● Material for this exercise:
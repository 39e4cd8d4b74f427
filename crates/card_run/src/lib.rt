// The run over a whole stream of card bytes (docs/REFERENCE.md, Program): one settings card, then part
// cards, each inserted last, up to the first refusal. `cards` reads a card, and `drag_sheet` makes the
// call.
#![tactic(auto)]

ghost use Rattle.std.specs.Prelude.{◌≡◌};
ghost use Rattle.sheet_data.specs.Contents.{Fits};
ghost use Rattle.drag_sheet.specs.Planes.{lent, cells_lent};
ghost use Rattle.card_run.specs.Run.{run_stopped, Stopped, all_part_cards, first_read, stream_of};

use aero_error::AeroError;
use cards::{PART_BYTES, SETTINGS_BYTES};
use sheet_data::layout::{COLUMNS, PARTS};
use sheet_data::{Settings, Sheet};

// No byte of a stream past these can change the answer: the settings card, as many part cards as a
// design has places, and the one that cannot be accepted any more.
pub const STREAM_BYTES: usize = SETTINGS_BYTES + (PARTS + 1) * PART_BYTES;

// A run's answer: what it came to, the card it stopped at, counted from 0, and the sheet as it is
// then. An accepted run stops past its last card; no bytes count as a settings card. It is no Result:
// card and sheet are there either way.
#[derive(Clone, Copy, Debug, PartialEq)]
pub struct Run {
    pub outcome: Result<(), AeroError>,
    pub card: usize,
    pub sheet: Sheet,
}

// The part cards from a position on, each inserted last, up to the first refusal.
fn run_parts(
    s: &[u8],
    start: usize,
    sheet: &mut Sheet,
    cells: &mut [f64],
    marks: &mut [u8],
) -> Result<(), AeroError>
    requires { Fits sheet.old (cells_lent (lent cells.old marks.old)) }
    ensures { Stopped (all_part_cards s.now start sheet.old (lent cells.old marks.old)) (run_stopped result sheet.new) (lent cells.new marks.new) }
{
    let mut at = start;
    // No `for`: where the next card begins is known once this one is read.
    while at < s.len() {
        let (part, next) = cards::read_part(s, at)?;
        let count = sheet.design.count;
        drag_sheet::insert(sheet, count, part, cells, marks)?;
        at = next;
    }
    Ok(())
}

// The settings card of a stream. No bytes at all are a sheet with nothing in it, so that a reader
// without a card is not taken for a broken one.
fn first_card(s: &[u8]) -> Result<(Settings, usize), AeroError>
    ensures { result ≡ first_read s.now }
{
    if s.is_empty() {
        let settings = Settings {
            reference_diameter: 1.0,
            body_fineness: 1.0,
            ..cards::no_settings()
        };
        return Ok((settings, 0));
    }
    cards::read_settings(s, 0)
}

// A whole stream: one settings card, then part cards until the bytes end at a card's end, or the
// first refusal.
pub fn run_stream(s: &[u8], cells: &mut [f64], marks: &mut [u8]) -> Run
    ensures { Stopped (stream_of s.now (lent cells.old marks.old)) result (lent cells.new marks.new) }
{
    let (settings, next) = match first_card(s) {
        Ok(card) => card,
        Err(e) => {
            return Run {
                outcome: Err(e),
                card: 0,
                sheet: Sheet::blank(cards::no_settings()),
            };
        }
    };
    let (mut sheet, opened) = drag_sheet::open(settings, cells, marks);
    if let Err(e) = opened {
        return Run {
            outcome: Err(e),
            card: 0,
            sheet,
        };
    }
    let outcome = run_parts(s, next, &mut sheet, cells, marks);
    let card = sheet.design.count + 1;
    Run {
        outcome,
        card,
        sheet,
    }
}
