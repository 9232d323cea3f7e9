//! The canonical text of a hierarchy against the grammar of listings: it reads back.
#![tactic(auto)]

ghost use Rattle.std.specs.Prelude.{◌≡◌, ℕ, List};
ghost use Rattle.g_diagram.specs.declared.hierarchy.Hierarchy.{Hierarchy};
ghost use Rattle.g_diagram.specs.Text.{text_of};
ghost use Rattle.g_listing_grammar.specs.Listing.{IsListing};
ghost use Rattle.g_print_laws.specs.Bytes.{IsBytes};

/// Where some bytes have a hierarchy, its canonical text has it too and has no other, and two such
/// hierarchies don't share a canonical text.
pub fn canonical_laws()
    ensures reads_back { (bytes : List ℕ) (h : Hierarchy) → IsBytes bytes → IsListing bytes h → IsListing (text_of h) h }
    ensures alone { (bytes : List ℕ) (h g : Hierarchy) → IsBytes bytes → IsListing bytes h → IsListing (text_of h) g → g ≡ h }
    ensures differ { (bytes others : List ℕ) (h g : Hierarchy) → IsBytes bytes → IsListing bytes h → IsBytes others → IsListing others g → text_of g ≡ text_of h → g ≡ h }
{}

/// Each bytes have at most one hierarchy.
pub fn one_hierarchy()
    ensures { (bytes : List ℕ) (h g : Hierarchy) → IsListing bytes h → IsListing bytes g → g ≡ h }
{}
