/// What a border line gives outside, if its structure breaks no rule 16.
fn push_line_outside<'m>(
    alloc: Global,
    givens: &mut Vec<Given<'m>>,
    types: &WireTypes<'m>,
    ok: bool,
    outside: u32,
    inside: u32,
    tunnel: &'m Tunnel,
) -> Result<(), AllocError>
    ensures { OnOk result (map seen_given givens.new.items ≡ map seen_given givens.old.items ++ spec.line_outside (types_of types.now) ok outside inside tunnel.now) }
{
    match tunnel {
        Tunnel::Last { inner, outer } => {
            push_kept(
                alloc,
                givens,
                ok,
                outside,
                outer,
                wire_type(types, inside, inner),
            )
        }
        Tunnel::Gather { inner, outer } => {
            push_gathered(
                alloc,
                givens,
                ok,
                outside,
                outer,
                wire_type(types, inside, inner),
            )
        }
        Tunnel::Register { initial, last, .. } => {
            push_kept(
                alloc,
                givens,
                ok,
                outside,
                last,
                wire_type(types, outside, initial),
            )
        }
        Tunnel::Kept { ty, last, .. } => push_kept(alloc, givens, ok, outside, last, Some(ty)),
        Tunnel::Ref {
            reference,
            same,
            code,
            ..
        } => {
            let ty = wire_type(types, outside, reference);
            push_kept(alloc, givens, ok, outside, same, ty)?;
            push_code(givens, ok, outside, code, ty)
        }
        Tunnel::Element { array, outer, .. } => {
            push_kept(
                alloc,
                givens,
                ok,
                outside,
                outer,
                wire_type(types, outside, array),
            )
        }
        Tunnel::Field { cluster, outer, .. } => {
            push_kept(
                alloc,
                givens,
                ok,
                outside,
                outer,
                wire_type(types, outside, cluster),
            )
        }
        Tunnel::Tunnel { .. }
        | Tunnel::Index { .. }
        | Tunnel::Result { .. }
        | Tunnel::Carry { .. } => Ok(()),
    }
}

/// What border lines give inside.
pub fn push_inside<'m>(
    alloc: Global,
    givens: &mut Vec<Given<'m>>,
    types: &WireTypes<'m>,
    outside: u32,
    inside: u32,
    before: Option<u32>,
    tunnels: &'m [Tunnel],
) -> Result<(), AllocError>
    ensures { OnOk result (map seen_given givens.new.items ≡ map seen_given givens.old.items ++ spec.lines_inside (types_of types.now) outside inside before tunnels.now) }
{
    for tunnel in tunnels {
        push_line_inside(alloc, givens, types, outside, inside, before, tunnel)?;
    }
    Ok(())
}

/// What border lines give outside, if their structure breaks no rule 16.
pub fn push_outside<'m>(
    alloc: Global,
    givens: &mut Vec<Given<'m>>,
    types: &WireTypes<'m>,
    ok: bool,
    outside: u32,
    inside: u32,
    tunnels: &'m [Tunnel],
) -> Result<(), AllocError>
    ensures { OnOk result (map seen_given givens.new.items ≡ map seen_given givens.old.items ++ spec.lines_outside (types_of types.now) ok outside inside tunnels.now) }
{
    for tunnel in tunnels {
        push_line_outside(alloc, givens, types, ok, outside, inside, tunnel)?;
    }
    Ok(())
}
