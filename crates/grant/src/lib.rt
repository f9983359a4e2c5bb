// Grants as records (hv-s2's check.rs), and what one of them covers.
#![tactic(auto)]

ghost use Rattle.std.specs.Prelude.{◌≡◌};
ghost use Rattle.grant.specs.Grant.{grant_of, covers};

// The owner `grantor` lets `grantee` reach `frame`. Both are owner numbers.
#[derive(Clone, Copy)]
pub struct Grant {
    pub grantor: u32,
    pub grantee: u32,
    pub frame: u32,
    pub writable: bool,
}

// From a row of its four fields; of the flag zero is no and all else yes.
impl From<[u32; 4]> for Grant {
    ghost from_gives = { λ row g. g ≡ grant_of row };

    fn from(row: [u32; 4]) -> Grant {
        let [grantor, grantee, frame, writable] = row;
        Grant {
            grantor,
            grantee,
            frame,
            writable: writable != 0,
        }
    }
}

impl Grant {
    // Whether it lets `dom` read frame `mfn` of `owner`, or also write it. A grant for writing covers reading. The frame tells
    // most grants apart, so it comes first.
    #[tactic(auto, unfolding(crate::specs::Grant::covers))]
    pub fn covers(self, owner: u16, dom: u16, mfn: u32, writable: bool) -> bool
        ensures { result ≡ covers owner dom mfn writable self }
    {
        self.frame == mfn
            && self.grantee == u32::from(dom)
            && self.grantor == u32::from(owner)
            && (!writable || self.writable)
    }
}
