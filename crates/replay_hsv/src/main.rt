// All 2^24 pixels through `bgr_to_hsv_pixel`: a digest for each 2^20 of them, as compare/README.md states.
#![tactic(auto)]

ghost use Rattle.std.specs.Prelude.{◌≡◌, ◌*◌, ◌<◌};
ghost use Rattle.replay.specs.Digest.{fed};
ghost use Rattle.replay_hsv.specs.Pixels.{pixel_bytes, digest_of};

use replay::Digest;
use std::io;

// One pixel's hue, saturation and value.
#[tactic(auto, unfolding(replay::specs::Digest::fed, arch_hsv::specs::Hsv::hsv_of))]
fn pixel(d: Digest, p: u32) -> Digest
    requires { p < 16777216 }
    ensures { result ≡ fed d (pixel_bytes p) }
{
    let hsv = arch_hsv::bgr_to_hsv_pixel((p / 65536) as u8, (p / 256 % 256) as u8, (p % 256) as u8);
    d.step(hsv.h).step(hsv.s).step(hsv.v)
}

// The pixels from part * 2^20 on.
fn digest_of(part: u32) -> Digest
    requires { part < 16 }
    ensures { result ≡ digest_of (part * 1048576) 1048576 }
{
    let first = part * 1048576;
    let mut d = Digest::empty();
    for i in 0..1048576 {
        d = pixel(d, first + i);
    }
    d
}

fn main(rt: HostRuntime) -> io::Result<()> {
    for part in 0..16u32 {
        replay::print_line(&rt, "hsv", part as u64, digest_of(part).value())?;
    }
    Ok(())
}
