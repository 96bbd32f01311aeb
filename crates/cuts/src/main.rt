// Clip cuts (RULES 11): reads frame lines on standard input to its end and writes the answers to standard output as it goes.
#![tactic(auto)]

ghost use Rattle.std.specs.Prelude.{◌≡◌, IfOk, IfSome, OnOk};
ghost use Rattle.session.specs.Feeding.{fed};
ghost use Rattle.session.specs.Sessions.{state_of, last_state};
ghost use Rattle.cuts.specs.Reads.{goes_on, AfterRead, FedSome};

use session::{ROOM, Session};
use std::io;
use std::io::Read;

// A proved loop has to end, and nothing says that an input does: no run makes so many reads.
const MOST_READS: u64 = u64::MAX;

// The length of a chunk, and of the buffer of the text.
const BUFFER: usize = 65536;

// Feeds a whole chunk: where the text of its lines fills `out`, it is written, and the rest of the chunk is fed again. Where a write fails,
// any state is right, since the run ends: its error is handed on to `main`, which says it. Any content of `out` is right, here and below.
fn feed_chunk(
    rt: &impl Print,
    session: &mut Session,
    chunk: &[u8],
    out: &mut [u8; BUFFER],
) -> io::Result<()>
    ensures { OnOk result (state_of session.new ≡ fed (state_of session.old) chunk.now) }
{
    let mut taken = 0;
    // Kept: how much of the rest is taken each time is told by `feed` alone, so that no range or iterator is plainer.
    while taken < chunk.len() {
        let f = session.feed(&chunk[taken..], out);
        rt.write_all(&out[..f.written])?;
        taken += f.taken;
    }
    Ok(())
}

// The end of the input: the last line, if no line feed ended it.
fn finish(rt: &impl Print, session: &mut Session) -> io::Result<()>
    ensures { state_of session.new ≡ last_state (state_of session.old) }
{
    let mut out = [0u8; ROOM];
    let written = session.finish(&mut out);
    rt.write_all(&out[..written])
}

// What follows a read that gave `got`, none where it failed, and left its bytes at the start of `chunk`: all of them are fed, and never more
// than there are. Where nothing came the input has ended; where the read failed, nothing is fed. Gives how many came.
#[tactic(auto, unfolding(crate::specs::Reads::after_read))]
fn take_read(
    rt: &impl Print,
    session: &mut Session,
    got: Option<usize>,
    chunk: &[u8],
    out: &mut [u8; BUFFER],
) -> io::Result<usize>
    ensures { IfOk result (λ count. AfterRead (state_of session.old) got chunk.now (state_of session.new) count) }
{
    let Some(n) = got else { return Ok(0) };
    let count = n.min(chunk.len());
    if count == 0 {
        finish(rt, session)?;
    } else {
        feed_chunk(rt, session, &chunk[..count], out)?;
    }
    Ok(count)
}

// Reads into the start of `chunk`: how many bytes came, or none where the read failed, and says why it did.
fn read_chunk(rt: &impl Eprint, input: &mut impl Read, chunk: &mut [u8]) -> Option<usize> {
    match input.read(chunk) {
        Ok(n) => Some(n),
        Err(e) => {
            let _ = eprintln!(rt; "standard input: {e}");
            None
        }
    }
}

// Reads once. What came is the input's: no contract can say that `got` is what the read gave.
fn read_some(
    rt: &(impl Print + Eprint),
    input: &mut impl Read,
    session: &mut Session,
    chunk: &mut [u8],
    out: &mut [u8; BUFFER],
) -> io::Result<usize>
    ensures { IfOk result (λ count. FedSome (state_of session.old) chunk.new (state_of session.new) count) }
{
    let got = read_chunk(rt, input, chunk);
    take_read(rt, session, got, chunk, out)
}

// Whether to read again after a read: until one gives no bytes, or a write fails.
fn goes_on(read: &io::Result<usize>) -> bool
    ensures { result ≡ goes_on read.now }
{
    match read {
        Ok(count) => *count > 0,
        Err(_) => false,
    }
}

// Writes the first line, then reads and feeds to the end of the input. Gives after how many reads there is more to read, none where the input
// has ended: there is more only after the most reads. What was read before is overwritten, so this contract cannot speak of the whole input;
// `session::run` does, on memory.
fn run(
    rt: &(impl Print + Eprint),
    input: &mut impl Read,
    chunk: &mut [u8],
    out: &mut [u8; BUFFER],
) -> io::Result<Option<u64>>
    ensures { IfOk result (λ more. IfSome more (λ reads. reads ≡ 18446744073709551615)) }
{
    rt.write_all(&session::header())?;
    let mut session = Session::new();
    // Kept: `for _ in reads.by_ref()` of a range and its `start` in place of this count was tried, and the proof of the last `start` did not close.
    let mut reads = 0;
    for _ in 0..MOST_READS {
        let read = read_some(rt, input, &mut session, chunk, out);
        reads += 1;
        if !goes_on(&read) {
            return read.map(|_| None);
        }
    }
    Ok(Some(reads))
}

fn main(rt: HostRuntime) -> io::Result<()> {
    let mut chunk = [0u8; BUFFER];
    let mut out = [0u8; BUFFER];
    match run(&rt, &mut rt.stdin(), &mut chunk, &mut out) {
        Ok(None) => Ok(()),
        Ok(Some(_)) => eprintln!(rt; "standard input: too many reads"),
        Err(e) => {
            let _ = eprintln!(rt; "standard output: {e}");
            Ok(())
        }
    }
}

● Assignment: From the records above, print only the lines between the one holding "fn read_chunk(rt: &impl" and the one holding "Ok(count) => *count", inclusive, exactly as they stand.

● Expected answer:
fn read_chunk(rt: &impl Eprint, input: &mut impl Read, chunk: &mut [u8]) -> Option<usize> {
    match input.read(chunk) {
        Ok(n) => Some(n),
        Err(e) => {
            let _ = eprintln!(rt; "standard input: {e}");
            None
        }
    }
}

// Reads once. What came is the input's: no contract can say that `got` is what the read gave.
fn read_some(
    rt: &(impl Print + Eprint),
    input: &mut impl Read,
    session: &mut Session,
    chunk: &mut [u8],
    out: &mut [u8; BUFFER],
) -> io::Result<usize>
    ensures { IfOk result (λ count. FedSome (state_of session.old) chunk.new (state_of session.new) count) }
{
    let got = read_chunk(rt, input, chunk);
    take_read(rt, session, got, chunk, out)
}

// Whether to read again after a read: until one gives no bytes, or a write fails.
fn goes_on(read: &io::Result<usize>) -> bool
    ensures { result ≡ goes_on read.now }
{
    match read {
        Ok(count) => *count > 0,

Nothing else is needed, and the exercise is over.